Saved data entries
#####
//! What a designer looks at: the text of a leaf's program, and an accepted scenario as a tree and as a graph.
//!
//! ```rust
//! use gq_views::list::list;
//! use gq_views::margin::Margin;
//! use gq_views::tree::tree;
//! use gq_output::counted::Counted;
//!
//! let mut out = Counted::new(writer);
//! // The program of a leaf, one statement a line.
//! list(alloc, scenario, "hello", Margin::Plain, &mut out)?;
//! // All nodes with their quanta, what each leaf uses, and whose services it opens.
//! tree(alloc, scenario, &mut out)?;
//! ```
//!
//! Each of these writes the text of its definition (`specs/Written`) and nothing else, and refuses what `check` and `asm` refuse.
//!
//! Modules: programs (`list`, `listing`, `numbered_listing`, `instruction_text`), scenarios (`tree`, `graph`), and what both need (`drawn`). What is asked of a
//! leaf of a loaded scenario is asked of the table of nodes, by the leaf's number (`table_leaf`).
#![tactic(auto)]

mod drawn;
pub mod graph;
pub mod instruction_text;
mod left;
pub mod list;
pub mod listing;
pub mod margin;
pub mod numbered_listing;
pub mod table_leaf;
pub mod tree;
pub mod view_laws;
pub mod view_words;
#####
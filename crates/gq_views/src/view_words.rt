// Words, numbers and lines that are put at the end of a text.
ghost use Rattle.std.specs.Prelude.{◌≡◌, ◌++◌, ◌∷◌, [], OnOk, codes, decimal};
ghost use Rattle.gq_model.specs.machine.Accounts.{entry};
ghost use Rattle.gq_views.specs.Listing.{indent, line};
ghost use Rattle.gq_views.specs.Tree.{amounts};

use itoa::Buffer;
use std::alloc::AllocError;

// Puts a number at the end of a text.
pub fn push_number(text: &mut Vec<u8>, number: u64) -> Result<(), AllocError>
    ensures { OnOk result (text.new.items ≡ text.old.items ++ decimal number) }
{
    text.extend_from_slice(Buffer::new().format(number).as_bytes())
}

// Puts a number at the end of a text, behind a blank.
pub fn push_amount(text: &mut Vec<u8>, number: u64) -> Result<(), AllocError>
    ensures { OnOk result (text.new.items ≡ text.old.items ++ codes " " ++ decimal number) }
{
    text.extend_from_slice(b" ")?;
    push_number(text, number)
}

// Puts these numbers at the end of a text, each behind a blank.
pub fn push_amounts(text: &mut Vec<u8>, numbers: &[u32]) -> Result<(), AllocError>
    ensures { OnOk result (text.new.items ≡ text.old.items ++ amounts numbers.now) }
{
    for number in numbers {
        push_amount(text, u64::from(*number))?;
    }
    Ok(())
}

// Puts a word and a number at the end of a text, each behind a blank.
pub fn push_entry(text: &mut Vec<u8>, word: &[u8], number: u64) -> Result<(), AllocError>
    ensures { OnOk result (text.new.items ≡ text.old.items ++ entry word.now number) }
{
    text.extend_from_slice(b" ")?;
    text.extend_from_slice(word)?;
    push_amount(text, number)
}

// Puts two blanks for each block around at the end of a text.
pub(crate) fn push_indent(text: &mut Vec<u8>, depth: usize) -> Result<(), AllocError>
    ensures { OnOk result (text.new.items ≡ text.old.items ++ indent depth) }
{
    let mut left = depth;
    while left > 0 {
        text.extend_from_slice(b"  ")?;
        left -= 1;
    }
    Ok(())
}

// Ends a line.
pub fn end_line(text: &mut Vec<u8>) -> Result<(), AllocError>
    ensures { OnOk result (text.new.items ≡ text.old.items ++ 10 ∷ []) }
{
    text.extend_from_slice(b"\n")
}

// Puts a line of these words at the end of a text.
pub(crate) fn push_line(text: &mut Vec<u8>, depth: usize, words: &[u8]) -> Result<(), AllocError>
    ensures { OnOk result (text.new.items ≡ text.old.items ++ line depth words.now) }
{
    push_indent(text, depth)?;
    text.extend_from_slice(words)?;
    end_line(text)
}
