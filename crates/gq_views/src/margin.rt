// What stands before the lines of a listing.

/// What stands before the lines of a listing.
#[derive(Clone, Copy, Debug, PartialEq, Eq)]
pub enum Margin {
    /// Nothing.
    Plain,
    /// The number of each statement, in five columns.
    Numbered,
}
#####
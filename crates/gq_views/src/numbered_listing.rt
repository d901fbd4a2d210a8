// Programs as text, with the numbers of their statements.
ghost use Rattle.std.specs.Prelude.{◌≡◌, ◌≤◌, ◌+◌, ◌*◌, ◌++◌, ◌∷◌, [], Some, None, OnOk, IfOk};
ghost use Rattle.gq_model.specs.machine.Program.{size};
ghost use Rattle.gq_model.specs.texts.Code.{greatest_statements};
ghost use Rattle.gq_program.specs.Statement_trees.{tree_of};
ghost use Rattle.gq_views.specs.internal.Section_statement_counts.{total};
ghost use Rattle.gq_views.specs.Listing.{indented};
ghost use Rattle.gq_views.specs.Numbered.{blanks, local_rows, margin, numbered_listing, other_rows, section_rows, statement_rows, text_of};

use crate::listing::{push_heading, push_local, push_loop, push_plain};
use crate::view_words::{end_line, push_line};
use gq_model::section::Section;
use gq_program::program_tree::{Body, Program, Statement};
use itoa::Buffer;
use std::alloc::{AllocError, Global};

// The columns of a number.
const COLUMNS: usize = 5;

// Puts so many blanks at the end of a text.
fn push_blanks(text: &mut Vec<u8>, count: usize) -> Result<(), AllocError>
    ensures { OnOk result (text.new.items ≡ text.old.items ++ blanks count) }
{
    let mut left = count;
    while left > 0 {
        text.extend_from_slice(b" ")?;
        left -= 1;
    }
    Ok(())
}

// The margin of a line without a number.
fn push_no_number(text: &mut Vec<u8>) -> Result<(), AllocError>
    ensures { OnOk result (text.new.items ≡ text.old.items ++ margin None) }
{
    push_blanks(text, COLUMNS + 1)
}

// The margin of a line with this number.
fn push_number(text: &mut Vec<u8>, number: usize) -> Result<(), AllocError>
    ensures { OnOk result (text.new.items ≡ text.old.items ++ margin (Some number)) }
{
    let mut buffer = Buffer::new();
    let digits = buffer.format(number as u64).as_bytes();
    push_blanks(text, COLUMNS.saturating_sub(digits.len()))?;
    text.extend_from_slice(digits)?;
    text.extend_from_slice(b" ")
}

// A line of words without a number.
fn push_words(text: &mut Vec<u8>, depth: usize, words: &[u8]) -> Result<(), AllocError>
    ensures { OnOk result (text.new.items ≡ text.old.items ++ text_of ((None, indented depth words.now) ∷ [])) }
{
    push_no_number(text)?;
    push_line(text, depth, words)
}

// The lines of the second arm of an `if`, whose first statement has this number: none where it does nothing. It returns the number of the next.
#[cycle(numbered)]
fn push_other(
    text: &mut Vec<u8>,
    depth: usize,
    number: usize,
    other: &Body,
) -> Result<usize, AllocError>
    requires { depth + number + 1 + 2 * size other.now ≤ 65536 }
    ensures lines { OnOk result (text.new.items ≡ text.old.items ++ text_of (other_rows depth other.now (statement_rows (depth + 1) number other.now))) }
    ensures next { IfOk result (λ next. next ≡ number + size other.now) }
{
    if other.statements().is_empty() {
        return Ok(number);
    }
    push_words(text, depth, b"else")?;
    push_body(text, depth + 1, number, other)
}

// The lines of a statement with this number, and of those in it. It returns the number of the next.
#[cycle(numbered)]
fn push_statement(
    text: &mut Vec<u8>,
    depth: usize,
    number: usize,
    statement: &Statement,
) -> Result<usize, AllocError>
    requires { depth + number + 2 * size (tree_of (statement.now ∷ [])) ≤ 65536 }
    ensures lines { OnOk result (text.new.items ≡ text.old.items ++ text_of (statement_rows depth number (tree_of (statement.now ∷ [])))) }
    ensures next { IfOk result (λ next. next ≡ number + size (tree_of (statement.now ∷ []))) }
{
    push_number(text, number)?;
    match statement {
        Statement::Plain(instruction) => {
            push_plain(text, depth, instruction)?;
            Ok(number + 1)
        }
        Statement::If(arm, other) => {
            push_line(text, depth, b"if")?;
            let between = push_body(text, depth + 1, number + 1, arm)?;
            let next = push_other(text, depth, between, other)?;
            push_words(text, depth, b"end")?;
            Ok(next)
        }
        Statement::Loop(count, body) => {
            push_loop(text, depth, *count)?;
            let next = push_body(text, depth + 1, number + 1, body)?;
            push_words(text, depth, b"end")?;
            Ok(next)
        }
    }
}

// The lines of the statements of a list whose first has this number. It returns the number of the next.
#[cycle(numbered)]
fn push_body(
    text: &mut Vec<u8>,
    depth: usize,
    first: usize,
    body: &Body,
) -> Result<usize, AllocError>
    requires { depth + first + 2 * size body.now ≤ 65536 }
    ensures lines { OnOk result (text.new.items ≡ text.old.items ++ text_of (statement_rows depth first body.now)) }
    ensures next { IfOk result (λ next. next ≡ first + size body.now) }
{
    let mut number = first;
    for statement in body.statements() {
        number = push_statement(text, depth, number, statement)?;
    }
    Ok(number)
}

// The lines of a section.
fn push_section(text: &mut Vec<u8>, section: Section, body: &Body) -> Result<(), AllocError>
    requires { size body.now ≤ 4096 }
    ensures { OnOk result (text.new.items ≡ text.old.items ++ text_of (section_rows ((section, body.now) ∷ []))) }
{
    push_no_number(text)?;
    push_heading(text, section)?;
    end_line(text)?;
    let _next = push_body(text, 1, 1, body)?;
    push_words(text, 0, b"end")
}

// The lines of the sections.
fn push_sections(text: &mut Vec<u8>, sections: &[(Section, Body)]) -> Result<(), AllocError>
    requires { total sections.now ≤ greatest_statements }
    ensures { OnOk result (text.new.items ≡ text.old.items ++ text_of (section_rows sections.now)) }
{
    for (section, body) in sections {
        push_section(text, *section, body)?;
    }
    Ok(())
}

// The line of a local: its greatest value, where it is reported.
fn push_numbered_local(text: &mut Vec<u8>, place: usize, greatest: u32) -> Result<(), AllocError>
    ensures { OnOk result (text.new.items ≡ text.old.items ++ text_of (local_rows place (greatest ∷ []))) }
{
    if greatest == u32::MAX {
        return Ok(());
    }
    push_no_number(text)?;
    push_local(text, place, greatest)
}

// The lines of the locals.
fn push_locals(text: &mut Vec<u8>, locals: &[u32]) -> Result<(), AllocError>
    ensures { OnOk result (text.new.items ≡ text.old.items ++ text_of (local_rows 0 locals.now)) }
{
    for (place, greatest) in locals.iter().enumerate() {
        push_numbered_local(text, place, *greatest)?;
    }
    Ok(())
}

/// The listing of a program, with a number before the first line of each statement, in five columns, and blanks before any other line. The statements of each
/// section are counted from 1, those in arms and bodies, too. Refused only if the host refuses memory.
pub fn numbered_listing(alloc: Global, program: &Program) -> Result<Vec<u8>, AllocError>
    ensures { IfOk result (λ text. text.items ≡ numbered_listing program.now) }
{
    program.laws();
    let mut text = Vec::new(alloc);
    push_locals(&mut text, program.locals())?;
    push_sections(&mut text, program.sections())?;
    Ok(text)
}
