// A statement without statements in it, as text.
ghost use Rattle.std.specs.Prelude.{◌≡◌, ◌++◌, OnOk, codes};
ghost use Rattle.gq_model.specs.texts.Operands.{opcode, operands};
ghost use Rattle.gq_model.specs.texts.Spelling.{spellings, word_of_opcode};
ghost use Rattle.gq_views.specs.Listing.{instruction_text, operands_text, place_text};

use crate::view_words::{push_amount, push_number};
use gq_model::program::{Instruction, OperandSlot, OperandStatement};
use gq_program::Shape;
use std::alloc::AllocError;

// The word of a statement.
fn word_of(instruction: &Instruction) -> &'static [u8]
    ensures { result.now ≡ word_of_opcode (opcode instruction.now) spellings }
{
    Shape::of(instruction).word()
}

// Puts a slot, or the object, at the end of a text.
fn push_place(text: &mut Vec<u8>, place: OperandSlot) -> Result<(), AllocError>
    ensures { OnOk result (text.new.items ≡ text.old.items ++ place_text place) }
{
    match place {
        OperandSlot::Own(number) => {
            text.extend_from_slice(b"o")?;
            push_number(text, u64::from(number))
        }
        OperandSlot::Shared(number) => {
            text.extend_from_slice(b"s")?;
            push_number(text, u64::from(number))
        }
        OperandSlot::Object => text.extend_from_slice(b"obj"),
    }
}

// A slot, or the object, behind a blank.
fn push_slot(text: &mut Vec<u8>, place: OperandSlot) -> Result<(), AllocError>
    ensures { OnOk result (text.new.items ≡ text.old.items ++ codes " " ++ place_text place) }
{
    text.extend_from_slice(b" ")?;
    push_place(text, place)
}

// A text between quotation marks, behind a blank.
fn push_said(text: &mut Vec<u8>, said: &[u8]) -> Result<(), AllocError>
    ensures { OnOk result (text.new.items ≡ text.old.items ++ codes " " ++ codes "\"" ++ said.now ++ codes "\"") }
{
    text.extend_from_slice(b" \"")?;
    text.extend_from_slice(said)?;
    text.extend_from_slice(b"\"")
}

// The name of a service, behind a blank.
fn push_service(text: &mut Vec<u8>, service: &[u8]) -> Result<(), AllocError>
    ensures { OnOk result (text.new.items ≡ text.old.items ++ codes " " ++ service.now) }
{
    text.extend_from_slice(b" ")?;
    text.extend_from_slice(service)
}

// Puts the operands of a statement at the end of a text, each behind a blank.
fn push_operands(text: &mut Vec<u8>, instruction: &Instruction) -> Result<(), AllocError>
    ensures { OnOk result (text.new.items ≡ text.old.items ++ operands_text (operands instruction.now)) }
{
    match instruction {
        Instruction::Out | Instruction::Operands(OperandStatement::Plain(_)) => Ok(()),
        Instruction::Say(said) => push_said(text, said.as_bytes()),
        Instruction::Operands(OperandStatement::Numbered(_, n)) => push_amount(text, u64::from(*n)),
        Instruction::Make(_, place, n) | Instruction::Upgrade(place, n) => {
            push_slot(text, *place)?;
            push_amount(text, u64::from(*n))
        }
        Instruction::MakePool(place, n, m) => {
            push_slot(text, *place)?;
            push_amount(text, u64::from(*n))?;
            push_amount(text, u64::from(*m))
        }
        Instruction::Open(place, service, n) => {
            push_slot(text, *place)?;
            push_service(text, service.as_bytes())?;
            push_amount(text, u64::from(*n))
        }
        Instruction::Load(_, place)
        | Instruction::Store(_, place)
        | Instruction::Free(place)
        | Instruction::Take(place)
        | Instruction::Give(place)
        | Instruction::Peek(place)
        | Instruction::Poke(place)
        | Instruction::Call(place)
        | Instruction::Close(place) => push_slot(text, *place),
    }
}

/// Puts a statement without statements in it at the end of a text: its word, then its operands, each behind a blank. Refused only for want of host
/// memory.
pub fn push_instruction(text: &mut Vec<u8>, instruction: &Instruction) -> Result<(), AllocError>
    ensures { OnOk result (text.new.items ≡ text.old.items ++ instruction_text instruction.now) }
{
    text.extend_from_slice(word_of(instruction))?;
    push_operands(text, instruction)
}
#####
__WORK ITEM__. Copy out the lines above exactly, beginning at the one that contains "let mut number = first;" and ending at the one that contains "if greatest == u32::MAX".

__RESPONSE AREA__.
    let mut number = first;
    for statement in body.statements() {
        number = push_statement(text, depth, number, statement)?;
    }
    Ok(number)
}

// The lines of a section.
fn push_section(text: &mut Vec<u8>, section: Section, body: &Body) -> Result<(), AllocError>
    requires { size body.now ≤ 4096 }
    ensures { OnOk result (text.new.items ≡ text.old.items ++ text_of (section_rows ((section, body.now) ∷ []))) }
{
    push_no_number(text)?;
    push_heading(text, section)?;
    end_line(text)?;
    let _next = push_body(text, 1, 1, body)?;
    push_words(text, 0, b"end")
}

// The lines of the sections.
fn push_sections(text: &mut Vec<u8>, sections: &[(Section, Body)]) -> Result<(), AllocError>
    requires { total sections.now ≤ greatest_statements }
    ensures { OnOk result (text.new.items ≡ text.old.items ++ text_of (section_rows sections.now)) }
{
    for (section, body) in sections {
        push_section(text, *section, body)?;
    }
    Ok(())
}

// The line of a local: its greatest value, where it is reported.
fn push_numbered_local(text: &mut Vec<u8>, place: usize, greatest: u32) -> Result<(), AllocError>
    ensures { OnOk result (text.new.items ≡ text.old.items ++ text_of (local_rows place (greatest ∷ []))) }
{
    if greatest == u32::MAX {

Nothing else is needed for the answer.